Exercise » Among the records that follow, count the lines with the string "None"; report only that count.

The input »
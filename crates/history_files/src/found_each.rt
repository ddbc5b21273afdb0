//! The file or folder at each of several paths, from the entries that one walk finds.

ghost use Rattle.std.specs.Prelude.{◌≡◌, map, IfOk, IfErr, IsErrOf, option_map};
ghost use Rattle.gix_hash.specs.Id.{id_of};
ghost use Rattle.gix_traverse_tree.specs.AtPaths.{AsksFor};
ghost use Rattle.history_model.specs.FileMap.{components};
ghost use Rattle.history_model.specs.Objects as model;
ghost use Rattle.history_files.specs.Reading.{entry_of, told_entry, OfFiles, OwnFault, StopsAtPaths};
ghost use Rattle.history_files.specs.declared.error.ReadError.TheVariants.{Failed};

use crate::error::ReadError;
use crate::found::{Found, found_of};
use crate::listing::read_error;
use gix_hash::ObjectId;
use gix_object_lookup::FindInto;
use gix_object_tree::tree::EntryMode;
use gix_traverse_tree::EntriesState;
use std::alloc::{AllocError, Global};

/// Returns what is at each of some paths of a root's files, in order: a file, a folder, or nothing.
/// The root is the id of a tree. Each tree on the paths is looked up once; the state counts them.
///
/// Returns `Failed` if a lookup failed; `Broken` with the id of a tree on the paths if it is
/// missing, or with the root's if one can't be read; and `Memory` if no memory is left.
pub fn entries_at<S: FindInto>(
    alloc: Global,
    store: &S,
    root: &ObjectId,
    paths: &[&[u8]],
    state: &mut EntriesState,
) -> Result<Vec<Option<Found>>, ReadError>
    ensures found { OfFiles (S.is_honest store.now) (S.table store.now) (id_of root.now)
        (λ kind files. IfOk result (λ found. map (option_map entry_of) found.items
        ≡ map (λ path. model.entry_at kind files path.now) paths.now)) }
    ensures refused { OfFiles (S.is_honest store.now) (S.table store.now) (id_of root.now)
        (λ kind files. IfErr result (OwnFault (S.may_fail store.now))) }
    ensures stopped { IfErr result
        (StopsAtPaths (S.is_honest store.now) (S.may_fail store.now) (S.table store.now) root.now
        (map (λ path. components path.now) paths.now)) }
    ensures failed { IsErrOf result Failed → S.may_fail store.now }
    ensures asked { AsksFor (S.is_honest store.now) (S.table store.now) (id_of root.now)
        (map (λ path. components path.now) paths.now) state.new.asked }
{
    match gix_traverse_tree::entries_at(*root, paths, store, state) {
        Ok(entries) => Ok(found_among(alloc, entries.as_slice())?),
        Err(error) => Err(read_error(error, *root)),
    }
}

// Returns what the entries name.
fn found_among(
    alloc: Global,
    entries: &[Option<(EntryMode, ObjectId)>],
) -> Result<Vec<Option<Found>>, AllocError>
    ensures { IfOk result (λ found. map (option_map entry_of) found.items
        ≡ map told_entry entries.now) }
{
    let mut found = Vec::new(alloc);
    for entry in entries {
        found.push(found_by_answer(entry))?;
    }
    Ok(found)
}

// Returns what an entry names, if there is one.
fn found_by_answer(entry: &Option<(EntryMode, ObjectId)>) -> Option<Found>
    ensures { option_map entry_of result ≡ told_entry entry.now }
{
    match entry {
        Some((mode, id)) => found_of(*mode, *id),
        None => None,
    }
}
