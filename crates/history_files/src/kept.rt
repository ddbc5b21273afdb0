//! All trees below a root read, each distinct one once, and all files made of them (`files_by_trees`).

ghost use Rattle.std.specs.Prelude.{◌≡◌, map, IfOk, IfErr, IsErrOf, OnOk};
ghost use Rattle.std.specs.FinMap.{entries};
ghost use Rattle.gix_hash.specs.Id.{id_of};
ghost use Rattle.gix_object_lookup.specs.declared.find.Error.TheVariants as looked_up;
ghost use Rattle.history_model.specs.Answers.{file_line};
ghost use Rattle.history_files.specs.KeptTrees.{AreOf};
ghost use Rattle.history_files.specs.Reading.{OfFiles, OwnFault, line_of};
ghost use Rattle.history_files.specs.declared.error.ReadError.TheVariants.{Failed};

use crate::error::ReadError;
use crate::listing::{File, files};
use crate::read_trees::{ReadTrees, TreeStore};
use gix_hash::ObjectId;
use gix_object_lines::decode;
use gix_object_lookup::FindInto;
use gix_object_lookup::find::Error;
use gix_object_tree::TreeRefIter;
use std::alloc::{AllocError, Global};
use std::collections::BTreeSet;

/// Like [`files`], errors included, but looks each distinct tree up once, however often it occurs:
/// all of them are kept in memory meanwhile.
pub fn files_by_trees<S: FindInto>(
    alloc: Global,
    store: &S,
    root: &ObjectId,
) -> Result<Vec<File>, ReadError>
    ensures files { OfFiles (S.is_honest store.now) (S.table store.now) (id_of root.now)
        (λ kind files. IfOk result (λ found.
        map line_of found.items ≡ map (file_line kind) (entries files))) }
    ensures refused { OfFiles (S.is_honest store.now) (S.table store.now) (id_of root.now)
        (λ kind files. IfErr result (OwnFault (S.may_fail store.now))) }
    ensures failed { IsErrOf result Failed → S.may_fail store.now }
{
    let mut read = ReadTrees::new(alloc);
    read_below(alloc, store, &mut read, *root)?;
    files(alloc, &TreeStore { store, read: &read }, root)
}

/// Reads a root's tree and all trees below it, but those that are kept. What can't be read is left
/// out.
///
/// Returns `Failed` if a lookup failed, and `Memory` if no memory is left.
pub fn read_below<S: FindInto>(
    alloc: Global,
    store: &S,
    read: &mut ReadTrees,
    root: ObjectId,
) -> Result<(), Error>
    ensures kept { S.is_honest store.now → AreOf (S.table store.now) read.old
        → OnOk result (AreOf (S.table store.now) read.new) }
    ensures failed { IsErrOf result looked_up.Failed → S.may_fail store.now }
{
    let mut seen = BTreeSet::new(alloc);
    let mut waiting = Vec::new(alloc);
    waiting.push(root)?;
    'reading: for _ in 0..u64::MAX {
        let Some(id) = waiting.pop() else {
            return Ok(());
        };
        if seen.insert(id)? {
            read.read(alloc, store, &id)?;
            add_folders(alloc, &mut waiting, id, read)?;
        }
    }
    Ok(())
}

// Adds the folders that a kept tree's content names, if it can be read.
fn add_folders(
    alloc: Global,
    waiting: &mut Vec<ObjectId>,
    id: ObjectId,
    read: &ReadTrees,
) -> Result<(), AllocError> {
    let Some(content) = read.content(&id) else {
        return Ok(());
    };
    match TreeRefIter::from_bytes(content, id.kind()).entries(alloc) {
        Ok(entries) => {
            for entry in &entries {
                if entry.mode.is_tree() {
                    waiting.push(ObjectId::from(entry.oid))?;
                }
            }
            Ok(())
        }
        Err(decode::Error::Memory) => Err(AllocError),
        Err(_) => Ok(()),
    }
}
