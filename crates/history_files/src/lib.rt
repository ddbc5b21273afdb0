//! Whole file maps over stores of trees: what is at a path, all files, and edits.
#![tactic(auto)]

mod editing;
mod edits;
mod error;
mod found;
mod found_each;
mod kept;
pub mod laws;
mod listing;
mod named_trees;
mod opening;
mod paths;
mod read_edits;
mod read_paths;
mod read_trees;
mod trees;

pub use editing::edit_files;
pub use edits::{Change, Edit, EditError, make_edits};
pub use error::ReadError;
pub use found::{Found, entry_at};
pub use found_each::entries_at;
pub use gix_traverse_tree::EntriesState;
pub use kept::{files_by_trees, read_below};
pub use listing::{File, files};
pub use named_trees::{NamedTrees, entries_at_once};
pub use opening::open_editor;
pub use paths::is_file_path;
pub use read_edits::read_for_edits;
pub use read_paths::read_on_paths;
pub use read_trees::{ReadTrees, TreeStore};
pub use trees::{EditedFiles, EditedTree};
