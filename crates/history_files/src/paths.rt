//! Paths of files: whether one is well-formed, and the names between its slashes.

ghost use Rattle.std.specs.Prelude.{◌≡◌, map, not, IfOk};
ghost use Rattle.std.specs.List.{list_any};
ghost use Rattle.history_model.specs.Bytes.{is_empty};
ghost use Rattle.history_model.specs.FileMap.{components, is_path};

use std::alloc::{AllocError, Global};

/// Returns whether a path may be a file's: no name is empty, and no byte is zero.
pub fn is_file_path(path: &[u8]) -> bool
    ensures { result ≡ is_path path.now }
{
    has_names(path) && !path.contains(&0)
}

fn has_names(path: &[u8]) -> bool
    ensures { result ≡ not (list_any is_empty (components path.now)) }
{
    path.split(|byte| *byte == b'/')
        .all(|name| !name.is_empty())
}

/// Returns the names between the slashes of a path.
pub(crate) fn names_of(alloc: Global, path: &[u8]) -> Result<Vec<&[u8]>, AllocError>
    ensures { IfOk result (λ names. map (λ name. name.now) names.items ≡ components path.now) }
{
    path.split(|byte| *byte == b'/').collect(alloc)
}
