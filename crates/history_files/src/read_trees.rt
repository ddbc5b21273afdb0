//! Trees that were read, kept by id (`ReadTrees`), and a store that looks them up before others (`TreeStore`).

ghost use Rattle.std.specs.Prelude.{◌++◌, IsErrOf, MatchOption, None, OnOk, ⊤};
ghost use Rattle.gix_hash.specs.Id.{id_of};
ghost use Rattle.gix_object_lines.specs.declared.kind.Kind.TheVariants as kinds;
ghost use Rattle.gix_object_lookup.specs.Existing.{Stands};
ghost use Rattle.gix_object_lookup.specs.Table.{Table};
ghost use Rattle.gix_object_lookup.specs.declared.find.Error.TheVariants as looked_up;
ghost use Rattle.history_files.specs.KeptTrees.{AreOf, ids_of, kept_or};

use gix_hash::{ObjectId, oid};
use gix_object_lines::Kind;
use gix_object_lookup::find::Error;
use gix_object_lookup::{FindInto, Lookup};
use std::alloc::{AllocError, Global};
use std::collections::BTreeMap;

/// The contents of trees, under their ids. A lookup of one fails only if memory runs out; of what
/// isn't kept it finds nothing.
#[derive(Drop)]
pub struct ReadTrees {
    contents: BTreeMap<ObjectId, Vec<u8>>,
}

impl ReadTrees {
    /// Returns no trees.
    pub fn new(alloc: Global) -> ReadTrees
        ensures { (table : Table) → AreOf table result }
    {
        ReadTrees {
            contents: BTreeMap::new(alloc),
        }
    }

    /// Returns the content of the tree of this id, if it is kept.
    pub fn content(&self, id: &ObjectId) -> Option<&[u8]>
        ensures { (table : Table) → AreOf table self.now → MatchOption result ⊤ (λ content.
            Stands table (id_of id.now) kinds.Tree content.now) }
    {
        Some(self.contents.get(id)?.as_slice())
    }

    // Adds a tree.
    fn keep(&mut self, id: ObjectId, content: Vec<u8>) -> Result<(), AllocError>
        ensures { (table : Table) → AreOf table self.old
            → Stands table (id_of id) kinds.Tree content.items → OnOk result (AreOf table self.new) }
    {
        self.contents.insert(id, content)?;
        Ok(())
    }

    /// Reads the tree of this id, unless it is kept, and keeps it. What isn't there, or is no tree,
    /// isn't kept.
    pub(crate) fn read<S: FindInto>(
        &mut self,
        alloc: Global,
        store: &S,
        id: &ObjectId,
    ) -> Result<(), Error>
        ensures kept { S.is_honest store.now → AreOf (S.table store.now) self.old
            → OnOk result (AreOf (S.table store.now) self.new) }
        ensures failed { IsErrOf result looked_up.Failed → S.may_fail store.now }
    {
        if self.contents.contains_key(id) {
            return Ok(());
        }
        let mut content = Vec::new(alloc);
        if let Some(Kind::Tree) = store.find_into(id.as_oid(), &mut content)? {
            self.keep(*id, content)?;
        }
        Ok(())
    }
}

impl Lookup for ReadTrees {
    ghost table = { λ it. kept_or it.contents (λ _. None) };

    ghost ids = { λ it. ids_of it.contents };

    ghost is_honest = { λ _. ⊤ };

    ghost may_fail = { λ _. ⊥ };
}

impl FindInto for ReadTrees {
    fn find_into(&self, id: oid<'_>, buffer: &mut Vec<u8>) -> Result<Option<Kind>, Error> {
        buffer.clear();
        let Some(content) = self.contents.get(&ObjectId::from(id)) else {
            return Ok(None);
        };
        buffer.extend_from_slice(content)?;
        Ok(Some(Kind::Tree))
    }
}

/// A store, and trees that were read from it: they are looked up in it no more.
#[derive(Drop)]
pub struct TreeStore<'a, S> {
    /// The store.
    pub store: &'a S,
    /// The trees that were read.
    pub read: &'a ReadTrees,
}

impl<S: Lookup> Lookup for TreeStore<'_, S> {
    ghost table = { λ it. S.table it.store.now };

    ghost ids = { λ it. ids_of it.read.now.contents ++ S.ids it.store.now };

    ghost is_honest = { λ it. S.is_honest it.store.now × AreOf (S.table it.store.now) it.read.now };

    ghost may_fail = { λ it. S.may_fail it.store.now };
}

impl<S: FindInto> FindInto for TreeStore<'_, S> {
    fn find_into(&self, id: oid<'_>, buffer: &mut Vec<u8>) -> Result<Option<Kind>, Error> {
        let Some(content) = self.read.contents.get(&ObjectId::from(id)) else {
            return self.store.find_into(id, buffer);
        };
        buffer.clear();
        buffer.extend_from_slice(content)?;
        Ok(Some(Kind::Tree))
    }
}
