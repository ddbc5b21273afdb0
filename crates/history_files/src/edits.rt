//! Edits and why they fail (`Edit`, `EditError`): made one by one in an editor, and the tree entry that one puts.

ghost use Rattle.std.specs.Prelude.{◌≡◌, ◌≤◌, ◌+◌, length, OnOk, IfErr, IsErrOf};
ghost use Rattle.gix_object_editor.specs.Asked.{CountsUp};
ghost use Rattle.gix_object_editor.specs.Editor.{IsAsRead, OverStored, asked_by, leaf_of_kind};
ghost use Rattle.gix_object_editor.specs.Outcomes.{KeepsEach};
ghost use Rattle.history_files.specs.Entries.{MayBeMade, MayPut, found_leaf};
ghost use Rattle.history_files.specs.Lookups.{AsksOf, edit_way};
ghost use Rattle.history_files.specs.Making.{AcceptsEdit, AcceptsEdits, MakesEdit, MakesEdits, RefusesEdit, RefusesEdits};
ghost use Rattle.history_files.specs.Opening.{TellsBroken};
ghost use Rattle.history_model.specs.FileMap.{components};
ghost use Rattle.history_files.specs.Unfolding as unfolded;
ghost use Rattle.history_files.specs.Edits.{name_count, as_edited, as_opened, as_unread};
ghost use Rattle.history_files.specs.declared.edits.EditError.TheVariants.{Failed, Memory};

use crate::error::ReadError;
use crate::found::Found;
use crate::paths::names_of;
use gix_hash::{Kind, ObjectId};
use gix_object_editor::tree::editor::{self, Editor};
use gix_object_lines::decode;
use gix_object_lookup::find::existing_object;
use gix_object_lookup::{FindInto, find};
use gix_object_tree::tree::EntryKind;
use history_model::FileKind;
use std::alloc::{AllocError, Global};

/// What an edit does at its path.
#[derive(Clone, Copy)]
pub enum Change {
    /// Puts a file there. Everything at or below the path goes, and each file above it.
    Put {
        /// What the file is.
        kind: FileKind,
        /// The id of its bytes.
        id: ObjectId,
    },
    /// Removes everything at or below the path.
    Remove,
    /// The same, but refused if there are files below the path.
    RemoveFile,
    /// Puts there what was found in other files: a file, or a folder with all that it has.
    /// Everything at or below the path goes, and each file above it; if nothing was found, only
    /// that happens.
    Graft(Option<Found>),
}

/// An edit of files.
#[derive(Clone, Copy)]
pub struct Edit<'a> {
    /// Where it is made.
    pub path: &'a [u8],
    /// What it does there.
    pub change: Change,
}

/// Why edits aren't made.
#[derive(Debug, Clone, Copy, thiserror::Error)]
pub enum EditError {
    /// A path has an empty name.
    #[error("a path has an empty name")]
    BadPath,
    /// There are files below the path of a file that is to be removed.
    #[error("a path from which a file is to be removed has files below it")]
    IsFolder,
    /// What is put, or the tree of a folder, has the null id, by which a tree names nothing.
    #[error("an object has the null id")]
    NullId,
    /// What is to be grafted has the id of the tree without entries.
    #[error("a graft has the id of the tree without entries")]
    EmptyTree,
    /// The store failed to look a tree up.
    #[error("a tree couldn't be looked up")]
    Failed,
    /// There is no readable tree under this id.
    #[error("the tree {oid} is missing, or can't be read")]
    Broken {
        /// The id.
        oid: ObjectId,
    },
    /// No memory is left.
    #[error("out of memory")]
    Memory,
}

impl From<editor::Error> for EditError {
    ghost from_gives = { λ error given. given ≡ as_edited error };

    fn from(error: editor::Error) -> EditError {
        match error {
            editor::Error::EmptyPathComponent => EditError::BadPath,
            editor::Error::FindExistingObject(error) => lookup_error(error),
            editor::Error::CannotRemoveNonLeaf { .. } => EditError::IsFolder,
            editor::Error::MalformedTree { oid } => EditError::Broken { oid },
            editor::Error::EmptyTree => EditError::EmptyTree,
            editor::Error::Memory => EditError::Memory,
        }
    }
}

impl From<ReadError> for EditError {
    ghost from_gives = { λ error given. given ≡ as_opened error };

    fn from(error: ReadError) -> EditError {
        match error {
            ReadError::Failed => EditError::Failed,
            ReadError::Broken { oid } => EditError::Broken { oid },
            ReadError::Memory => EditError::Memory,
        }
    }
}

impl From<AllocError> for EditError {
    ghost from_gives = { λ _ given. given ≡ Memory };

    fn from(_: AllocError) -> EditError {
        EditError::Memory
    }
}

// Returns why a tree on a path isn't read.
fn lookup_error(error: existing_object::Error) -> EditError
    ensures { result ≡ as_unread error }
{
    match error {
        existing_object::Error::Find(error) => match error {
            find::Error::Failed => EditError::Failed,
            find::Error::Memory => EditError::Memory,
        },
        existing_object::Error::Decode { oid, source } => match source {
            decode::Error::Memory => EditError::Memory,
            _ => EditError::Broken { oid },
        },
        existing_object::Error::NotFound { oid } => EditError::Broken { oid },
        existing_object::Error::ObjectKind { oid, .. } => EditError::Broken { oid },
    }
}

/// Makes the edits in order. The files are those that the editor has over trees of its store.
///
/// Returns `BadPath` if a path has an empty name, `IsFolder` if a `RemoveFile` finds files below
/// its path, `EmptyTree` if what is grafted has the id of the tree without entries, `Failed` if a
/// lookup failed, `Broken` if a tree on a path is missing or can't be read, and `Memory` if no
/// memory is left. Some of the edits may have been made then.
pub fn make_edits<S: FindInto>(
    alloc: Global,
    editor: &mut Editor<S>,
    edits: &[Edit<'_>],
) -> Result<(), EditError>
    ensures files { MakesEdits S.is_honest S.table edits.now editor.old editor.new result }
    ensures accepted { AcceptsEdits S.is_honest S.table edits.now editor.old result }
    ensures refused { RefusesEdits S.is_honest S.may_fail S.table edits.now editor.old result }
    ensures broken { IfErr result
        (TellsBroken (S.is_honest editor.old.store) (S.table editor.old.store)) }
    ensures each { KeepsEach S.is_honest S.table (λ has. MayBeMade has edits.now) editor.old
        editor.new }
    ensures as_read { OverStored (S.is_honest editor.old.store) (S.table editor.old.store)
        (λ trees. IsAsRead trees editor.old → IsAsRead trees editor.new) }
    ensures asked { OverStored (S.is_honest editor.old.store) (S.table editor.old.store)
        (λ trees. OnOk result (AsksOf (λ names. asked_by editor.old names trees) edits.now
        editor.old.lookups editor.new.lookups)) }
    ensures counted { editor.new.lookups ≤ editor.old.lookups + name_count edits.now }
    ensures store { editor.new.store ≡ editor.old.store }
    ensures failed { IsErrOf result Failed → S.may_fail editor.old.store }
{
    for edit in edits {
        make_edit(alloc, editor, edit)?;
    }
    Ok(())
}

/// Makes one edit.
pub(crate) fn make_edit<S: FindInto>(
    alloc: Global,
    editor: &mut Editor<S>,
    edit: &Edit<'_>,
) -> Result<(), EditError>
    ensures files { MakesEdit S.is_honest S.table edit.now editor.old editor.new result }
    ensures accepted { AcceptsEdit S.is_honest S.table edit.now editor.old result }
    ensures refused { RefusesEdit S.is_honest S.may_fail S.table edit.now editor.old result }
    ensures broken { IfErr result
        (TellsBroken (S.is_honest editor.old.store) (S.table editor.old.store)) }
    ensures each { KeepsEach S.is_honest S.table
        (λ has. MayPut has edit.now.path.now edit.now.change) editor.old editor.new }
    ensures as_read { OverStored (S.is_honest editor.old.store) (S.table editor.old.store)
        (λ trees. IsAsRead trees editor.old → IsAsRead trees editor.new) }
    ensures asked { OverStored (S.is_honest editor.old.store) (S.table editor.old.store)
        (λ trees. OnOk result (CountsUp editor.old.lookups editor.new.lookups
        (length (asked_by editor.old (edit_way edit.now) trees)))) }
    ensures counted { editor.new.lookups
        ≤ editor.old.lookups + length (components edit.now.path.now) }
    ensures store { editor.new.store ≡ editor.old.store }
    ensures failed { IsErrOf result Failed → S.may_fail editor.old.store }
{
    let names = names_of(alloc, edit.path)?;
    match edit.change {
        Change::Put { kind, id } => {
            Ok(editor.upsert(alloc, names.as_slice(), entry_kind(kind), id)?)
        }
        Change::Remove => Ok(editor.remove(alloc, names.as_slice())?),
        Change::RemoveFile => Ok(editor.remove_leaf(alloc, names.as_slice())?),
        Change::Graft(found) => {
            let entry = entry_for(found);
            Ok(editor.graft(alloc, names.as_slice(), entry.kind, entry.id)?)
        }
    }
}

// What a tree's entry says.
#[derive(Drop)]
struct NewEntry {
    kind: EntryKind,
    id: ObjectId,
}

// Returns the entry of what was found; that of nothing has the null id.
fn entry_for(found: Option<Found>) -> NewEntry
    ensures { leaf_of_kind result.kind result.id ≡ found_leaf found }
{
    match found {
        Some(Found::File { kind, id }) => NewEntry {
            kind: entry_kind(kind),
            id,
        },
        Some(Found::Folder { id }) => NewEntry {
            kind: EntryKind::Tree,
            id,
        },
        None => NewEntry {
            kind: EntryKind::Tree,
            id: ObjectId::null(Kind::Sha1),
        },
    }
}

fn entry_kind(kind: FileKind) -> EntryKind
    ensures { result ≡ unfolded.entry_kind kind }
{
    match kind {
        FileKind::File => EntryKind::Blob,
        FileKind::Exec => EntryKind::BlobExecutable,
        FileKind::Link => EntryKind::Link,
    }
}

Written solution » 5